Discerning the role of polymicrobial biofilms in the ascent, prevalence, and extent of heteroresistance in clinical practice

Antimicrobial therapy is facing a worrisome and underappreciated challenge, the phenomenon of heteroresistance (HR). HR has been gradually documented in clinically relevant pathogens (e.g. Pseudomonas aeruginosa, Staphylococcus aureus, Burkholderia spp., Acinetobacter baumannii, Klebsiella pneumoniae, Candida spp.) towards several drugs and is believed to complicate the clinical picture of chronic infections. This type of infections are typically mediated by polymicrobial biofilms, wherein microorganisms inherently display a wide range of physiological states, distinct metabolic pathways, diverging refractory levels of stress responses, and a complex network of chemical signals exchange. This review aims to provide an overview on the relevance, prevalence, and implications of HR in clinical settings. Firstly, related terminologies (e.g. resistance, tolerance, persistence), sometimes misunderstood and overlapped, were clarified. Factors generating misleading HR definitions were also uncovered. Secondly, the recent HR incidences reported in clinically relevant pathogens towards different antimicrobials were annotated. The potential mechanisms underlying such occurrences were further elucidated.
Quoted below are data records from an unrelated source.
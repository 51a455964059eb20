//! The run's folder: its files, each opened, read and made by its name.
ghost use Rattle.std.specs.Prelude.{◌≡◌, ◌∷◌, [], ◌++◌, codes, string_bytes, IfOk, IfErr, IfSome, IfNone, OnOk, OnErr};
ghost use Rattle.amo_system_calls.specs.Calls.{Did, Missed, Open, ReadFile, ReadFrom, Write, Sync, Rename, Makes, MakesSome};
ghost use Rattle.amo_system_calls.specs.declared.model.Mode.TheVariants.{Read as ToRead, MakeOrEmpty};
ghost use Rattle.amo_run_faults.specs.declared.error.Fault.TheVariants.{Memory};
ghost use Rattle.amo_run_faults.specs.Names.{path_in};
ghost use Rattle.amo_run_dir.specs.Modes.{mode_of};

use amo_fs::{read_synced, replace_file, replace_unsynced, sync_folder};
use amo_run_faults::{Fault, Item, Setting, had, written};
use amo_system_calls::{Mode, SystemCalls};
use std::alloc::Global;

/// Returns the path of a file of the run.
///
/// # Errors
/// `Memory` if there was no memory.
pub fn path_of(alloc: Global, setting: &Setting<'_>, item: Item) -> Result<String, Fault>
    ensures path { IfOk result (λ path. string_bytes path ≡ path_in setting.now.run.now item) }
    ensures fails { IfErr result (λ fault. fault ≡ Memory) }
{
    let run = setting.run;
    Ok(format!(in alloc; "{run}/{item}")?)
}

/// Returns the bytes of a file of the run, or `None` if it is missing.
///
/// # Errors
/// `Read` if the file can't be read, or `Memory` if there was no memory.
pub fn bytes_of<S: SystemCalls>(
    system: &mut S,
    setting: &Setting<'_>,
    item: Item,
) -> Result<Option<Vec<u8>>, Fault>
    ensures done { IfOk result (λ bytes. IfSome bytes (λ _. Makes (S.has_made system.old) (S.has_made system.new) (Did (ReadFile (path_in setting.now.run.now item)) ∷ []))) }
    ensures missing { IfOk result (λ bytes. IfNone bytes (Makes (S.has_made system.old) (S.has_made system.new) (Missed (ReadFile (path_in setting.now.run.now item)) ∷ []))) }
    ensures fails { OnErr result (MakesSome (S.has_made system.old) (S.has_made system.new) (ReadFile (path_in setting.now.run.now item) ∷ [])) }
{
    let path = path_of(system.alloc(), setting, item)?;
    had(item, system.read_file(path.as_str()))
}

/// Returns how a file of the run is opened to be locked and written. Only the lock of a runner is
/// made if it is missing. Every other file was made with the run's id, and is never made again.
fn mode_of(item: Item) -> Mode
    ensures { result ≡ mode_of item }
{
    match item {
        Item::Runner(_) => Mode::MakeOrReadWrite,
        _ => Mode::ReadWrite,
    }
}

/// Opens a file of the run to read and write.
///
/// # Errors
/// `Missing` if it isn't there, else `Write`, or `Memory`.
pub(crate) fn opened<S: SystemCalls>(
    system: &mut S,
    setting: &Setting<'_>,
    item: Item,
) -> Result<S::Handle, Fault>
    ensures done { OnOk result (Makes (S.has_made system.old) (S.has_made system.new) (Did (Open (path_in setting.now.run.now item) (mode_of item)) ∷ [])) }
    ensures path { IfOk result (λ file. S.opened_by file (path_in setting.now.run.now item)) }
    ensures fails { OnErr result (MakesSome (S.has_made system.old) (S.has_made system.new) (Open (path_in setting.now.run.now item) (mode_of item) ∷ [])) }
{
    let path = path_of(system.alloc(), setting, item)?;
    match written(item, system.open(path.as_str(), mode_of(item)))? {
        Some(file) => Ok(file),
        None => Err(Fault::Missing(item)),
    }
}

/// Opens a file of the run to read, if there is one.
///
/// # Errors
/// `Read` for the system's, and `Memory`.
pub(crate) fn opened_to_read<S: SystemCalls>(
    system: &mut S,
    setting: &Setting<'_>,
    item: Item,
) -> Result<Option<S::Handle>, Fault>
    ensures done { IfOk result (λ it. IfSome it (λ file. Makes (S.has_made system.old) (S.has_made system.new) (Did (Open (path_in setting.now.run.now item) ToRead) ∷ []))) }
    ensures path { IfOk result (λ it. IfSome it (λ file. S.opened_by file (path_in setting.now.run.now item))) }
    ensures missing { IfOk result (λ it. IfNone it (Makes (S.has_made system.old) (S.has_made system.new) (Missed (Open (path_in setting.now.run.now item) ToRead) ∷ []))) }
    ensures fails { OnErr result (MakesSome (S.has_made system.old) (S.has_made system.new) (Open (path_in setting.now.run.now item) ToRead ∷ [])) }
{
    let path = path_of(system.alloc(), setting, item)?;
    had(item, system.open(path.as_str(), Mode::Read))
}

/// Syncs the folder, made or found, since a process that made a file in it may have been killed
/// before that.
///
/// # Errors
/// `Write` if it can't be synced, and `Memory`.
pub fn sync<S: SystemCalls>(system: &mut S, setting: &Setting<'_>) -> Result<(), Fault>
    ensures done { OnOk result (Makes (S.has_made system.old) (S.has_made system.new) (Did (Open setting.now.run.now ToRead) ∷ Did (Sync setting.now.run.now) ∷ [])) }
    ensures fails { OnErr result (MakesSome (S.has_made system.old) (S.has_made system.new) (Open setting.now.run.now ToRead ∷ Sync setting.now.run.now ∷ [])) }
{
    written(Item::Run, sync_folder(system, setting.run))
}

/// Replaces a file of the run by one with these bytes, which are on the disk when this returns. A
/// crash leaves the old file or the new one.
///
/// # Errors
/// `Write` if that fails, and `Memory`.
pub fn replaced<S: SystemCalls>(
    system: &mut S,
    setting: &Setting<'_>,
    item: Item,
    bytes: &[u8],
) -> Result<(), Fault>
    ensures done { let path = path_in setting.now.run.now item in let beside = path ++ codes ".new" in OnOk result (Makes (S.has_made system.old) (S.has_made system.new) (Did (Open beside MakeOrEmpty) ∷ Did (Write beside bytes.now) ∷ Did (Sync beside) ∷ Did (Rename beside path) ∷ Did (Open setting.now.run.now ToRead) ∷ Did (Sync setting.now.run.now) ∷ [])) }
    ensures fails { let path = path_in setting.now.run.now item in let beside = path ++ codes ".new" in OnErr result (MakesSome (S.has_made system.old) (S.has_made system.new) (Open beside MakeOrEmpty ∷ Write beside bytes.now ∷ Sync beside ∷ Rename beside path ∷ Open setting.now.run.now ToRead ∷ Sync setting.now.run.now ∷ [])) }
{
    let path = path_of(system.alloc(), setting, item)?;
    let beside = format!(in system.alloc(); "{path}.new")?;
    let run = setting.run;
    let made = replace_file(system, run, path.as_str(), beside.as_str(), bytes);
    written(item, made)
}

/// Replaces a file of the run by one with these bytes, and syncs nothing.
///
/// # Errors
/// `Write` if that fails, and `Memory`.
pub fn replaced_unsynced<S: SystemCalls>(
    system: &mut S,
    setting: &Setting<'_>,
    item: Item,
    bytes: &[u8],
) -> Result<(), Fault>
    ensures done { let path = path_in setting.now.run.now item in let beside = path ++ codes ".new" in OnOk result (Makes (S.has_made system.old) (S.has_made system.new) (Did (Open beside MakeOrEmpty) ∷ Did (Write beside bytes.now) ∷ Did (Rename beside path) ∷ [])) }
    ensures fails { let path = path_in setting.now.run.now item in let beside = path ++ codes ".new" in OnErr result (MakesSome (S.has_made system.old) (S.has_made system.new) (Open beside MakeOrEmpty ∷ Write beside bytes.now ∷ Rename beside path ∷ [])) }
{
    let path = path_of(system.alloc(), setting, item)?;
    let beside = format!(in system.alloc(); "{path}.new")?;
    let made = replace_unsynced(system, path.as_str(), beside.as_str(), bytes);
    written(item, made)
}

/// Returns the bytes of the file of this path outside of the folder, all of them on the disk. It
/// syncs the file that it has read, also if another has come into its place meanwhile.
///
/// # Errors
/// `Read` for the system's, and `Memory`.
pub fn synced_bytes<S: SystemCalls>(
    system: &mut S,
    item: Item,
    path: &str,
) -> Result<Vec<u8>, Fault>
    ensures done { OnOk result (Makes (S.has_made system.old) (S.has_made system.new) (Did (Open path.now ToRead) ∷ Did (ReadFrom path.now 0) ∷ Did (Sync path.now) ∷ [])) }
    ensures fails { OnErr result (MakesSome (S.has_made system.old) (S.has_made system.new) (Open path.now ToRead ∷ ReadFrom path.now 0 ∷ Sync path.now ∷ [])) }
{
    had(item, read_synced(system, path))
}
Finally, the link between HR and biofilms was discussed. The focus was to recognize the presence of heterogeneous levels of resistance within most biofilms, as well as the relevance of polymicrobial biofilms in chronic infectious diseases and their role in resistance spreading. These topics were subject of a critical appraisal, gaining insights into the ascending clinical implications of HR in antimicrobial resistance spreading, which could ultimately help designing effective therapeutic options.